Hace un tiempo, fantaseaba con financiar a algunos empollones para que encontraran el modo de alargar unas décadas mi existencia; y a poder ser mi erección. Quería una vida más larga. O incluso no morir. O, dejadme corregir una vez más: morir cuando yo quisiese. Si un tío pudiera morir cuando le diese la gana, ese tío sería más afortunado que cualquiera. Aún no sé deciros por qué, pero quizá el dinero tendría a un oponente serio por primera vez en la historia del capitalismo: La inmortalidad opcional.

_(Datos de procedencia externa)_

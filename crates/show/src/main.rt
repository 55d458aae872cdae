// show FILE [OFFSET]: prints the batches of the block that starts at a byte of a file, under the virtual machine's own table; or says in one line
// what is wrong.
#![tactic(auto)]

use console::{Filled, Page, quote_name};
use listing::{After, Block, Runs};
use refusal::Refusal;
use space::Room;
use std::fmt;
use std::fmt::Write;
use std::fs::File;
use std::io::{Result, Seek, SeekFrom};
use text::NotNumber;

// What is said is printed a line at a time to a page, which can fail; a Display of a block would hold its runs.

// ---- a block

// What a refusal means, and the byte that it points to, where it has one.
fn print_refusal(
    page: &mut Page,
    path: &[u8],
    s: &[u8],
    at: usize,
    refusal: Refusal,
) -> fmt::Result {
    let number = refusal.number();
    write!(
        page,
        "show: {}: refusal {number}: {refusal}",
        quote_name(path)
    )?;
    if let Some(byte) = listing::refusal_byte(s, 0, refusal) {
        let what = match refusal {
            Refusal::CutShort { .. } => "in the item that starts at byte",
            _ => "at byte",
        };
        write!(page, ", {what} {}", at.wrapping_add(byte))?;
    }
    writeln!(page)?;
    page.flush()
}

fn refused(rt: HostRuntime, path: &[u8], s: &[u8], at: usize, refusal: Refusal) {
    let mut page = Page::errors(rt);
    let _ = print_refusal(&mut page, path, s, at, refusal);
}

// What stands after a block that ends at `last`, in a file that ends at `end`, where that is known and does not come first.
fn after(last: usize, end: Option<usize>, read: usize, used: usize) -> After {
    match end {
        Some(end) if last <= end => After::Bytes(end - last),
        _ if used <= read => After::AtLeast(read - used),
        _ => After::Unasked,
    }
}

fn print_block(rt: HostRuntime, runs: Runs, block: Block, rest: After) -> fmt::Result {
    let mut page = Page::output(rt);
    listing::write_block(&mut page, runs, block, rest)?;
    page.flush()
}

// The bytes of the file from `at` on, as many as a block may have.
fn show(rt: HostRuntime, path: &[u8], bytes: &[u8], at: usize, end: Option<usize>) {
    let mut room = Room::new();
    match decoder::decode(
        &vm::table(),
        bytes,
        0,
        &mut room.codes,
        &mut room.values,
        &mut room.records,
    ) {
        Ok(made) => {
            let rest = after(at.wrapping_add(made.used), end, bytes.len(), made.used);
            let _ = print_block(rt, Runs::from(&room), Block { at, made }, rest);
        }
        Err(refusal) => refused(rt, path, bytes, at, refusal),
    }
}

// ---- a file

const LAST: usize = 9223372036854775807;

// Where the file ends; a pipe does not say.
fn end_of(file: &mut File) -> Option<usize> {
    let end = file.seek(SeekFrom::End(0)).ok()?;
    Some(end as usize)
}

// Where the end is not known, a file that gives nothing is taken to end at its first byte.
fn show_file(rt: HostRuntime, path: &[u8], at: usize) -> Result<()> {
    let mut file = console::open(rt, path)?;
    if LAST < at {
        refused(rt, path, b"", at, Refusal::PastEnd);
        return Ok(());
    }
    if at != 0 {
        file.seek(SeekFrom::Start(at as u64))?;
    }
    let mut room = space::bytes();
    let read = console::read(&mut file, &mut room)?;
    let end = end_of(&mut file);
    match read {
        Filled::Whole(bytes) if bytes.is_empty() && end.unwrap_or(0) < at => {
            refused(rt, path, b"", at, Refusal::PastEnd);
        }
        Filled::Whole(bytes) => show(rt, path, bytes, at, Some(at.wrapping_add(bytes.len()))),
        Filled::Full(bytes) => show(rt, path, bytes, at, end),
    }
    Ok(())
}

// ---- arguments

// The offset that the second argument names; 0 where there is none.
fn offset(rt: HostRuntime, count: usize) -> std::result::Result<u64, NotNumber> {
    if count < 3 {
        return Ok(0);
    }
    let mut argument = [0u8; 4096];
    text::either(console::argument_bytes(rt, 2, &mut argument).unwrap_or_default())
}

const HELP: &str =
    "show FILE [OFFSET]: prints the batches of the block that starts at byte OFFSET of FILE (0 where none is given), under the virtual machine's\nown table; or says on standard error, in one line, what is wrong: the number of the refusal, what it means, and where.\nFor a group it prints its number, the index of its first operation in the block, and the byte of the file where that operation starts.\nThe file may have any size: the 1048576 bytes from OFFSET on are read, and no block is longer than 671742.\nWhat is printed was read from a whole block: one that is cut short is refused. Not noticed: batch data of another list that\nfits these operations, which batching the list again would show; and a changed byte that leaves a good block, which a checksum would show.\n";

fn main(rt: HostRuntime) {
    let count = console::arguments(rt);
    if count < 2 || 3 < count {
        return console::tell_text(rt, "usage: show FILE [OFFSET] (show --help says more)\n");
    }
    let mut name = [0u8; 4096];
    let Some(path) = console::argument_bytes(rt, 1, &mut name) else {
        return console::tell_text(rt, "show: the name of the file is too long\n");
    };
    if path == b"--help".as_slice() {
        return console::print_text(rt, HELP);
    }
    let Ok(at) = offset(rt, count) else {
        return console::tell_text(rt, "show: OFFSET is not a number of bytes\n");
    };
    if let Err(error) = show_file(rt, path, at as usize) {
        console::fail(rt, b"show", path, error);
    }
}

Sé que estáis algo desconcertados, todos tan mudados y correctos. Pero todos sabemos que muchos de vosotros estáis aquí por interés, y que ninguna ceremonia pija para celebrar el futuro universitario de una niña os importa un carajo. Sé que mi hija no os importa un carajo. No llores, cariño, no es nada personal. Sé que no os importa una mierda lo que pase con ella. Puede que os interesara si se os ofreciera borracha en el ambiente adecuado; sé que muchos aquí la dejaríais agotada y con el culo rojo encima de una sábana de seda empapada. Sé que lo habéis hecho con otras cuando habéis tenido ocasión, u os habéis decidido por pagar al contado. Tranquilos, no diré nombres, hoy sólo he venido a delatarme a mí. El resto son las cosas que nunca se dicen en voz alta. ¿De verdad nadie siente ahora un gran alivio al oírme?
Como muchos sois hombres de negocios, y sabéis que esta es una de esas ocasiones en las que el ricachón de turno anuncia su retirada, sé lo que está pasando. Sé que esperáis que os anuncie quién va a heredar mis negocios. Hoy queréis saber con quién tendréis que tratar para intentar que vuestras fortunas aumenten casi por arte de magia. No creáis que os quito ningún merito, acumular pasta no es fácil, y tampoco no lapidarla si uno ha heredado la labor de papá o el abuelo. Yo sin embargo no tenía un duro cuando todo esto empezó. A veces me siento como si hubiese sido el tipo que le clavó la lanza a Jesucristo.
(Saca un mechero y quema el fajo de billetes. Lo pisa.)
Tenía ganas de hacer algo así algún día. De todas formas no sé cuántas personas hoy aquí salivaban viendo unos pocos billetes de quinientos. Puede que no tantos.
(Saca una pistola del otro bolsillo interior de su chaqueta. Se la lleva a la boca.)